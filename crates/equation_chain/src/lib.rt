//! A certificate of rows over generators as a chain of equations: from its denominator times its claim to zero, each line the one before less a step.
#![tactic(auto)]

mod block;
mod chain;
mod fault;
mod laws;
mod line;
mod step;
mod text;

pub use block::put_chain;
pub use chain::{Chain, explain};
pub use fault::ChainFault;
pub use laws::{
    chains_are_read_back, chains_are_unique, each_certificate_is_explained, explained_has_no_fault,
    explained_is_readable, first_fault_is_unique, lines_are_a_chain, lines_are_typed, lines_vanish,
    steps_add_up, steps_are_typed, texts_tell_chains,
};
pub use line::{LETTER_LIMIT, Line, first_line, next_line};
pub use step::count_steps;
pub use text::{LetterTexts, letter_texts, put_line, put_opening, put_use};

◆ WHAT TO WORK ON ◆
Start at the first line of the material. Reproduce every line exactly, ending with the line that holds "pub use step::count_steps;".

◆ FINAL ANSWER ◆
filename crates/equation_chain/src/lib.rt
//! A certificate of rows over generators as a chain of equations: from its denominator times its claim to zero, each line the one before less a step.
#![tactic(auto)]

mod block;
mod chain;
mod fault;
mod laws;
mod line;
mod step;
mod text;

pub use block::put_chain;
pub use chain::{Chain, explain};
pub use fault::ChainFault;
pub use laws::{
    chains_are_read_back, chains_are_unique, each_certificate_is_explained, explained_has_no_fault,
    explained_is_readable, first_fault_is_unique, lines_are_a_chain, lines_are_typed, lines_vanish,
    steps_add_up, steps_are_typed, texts_tell_chains,
};
pub use line::{LETTER_LIMIT, Line, first_line, next_line};
pub use step::count_steps;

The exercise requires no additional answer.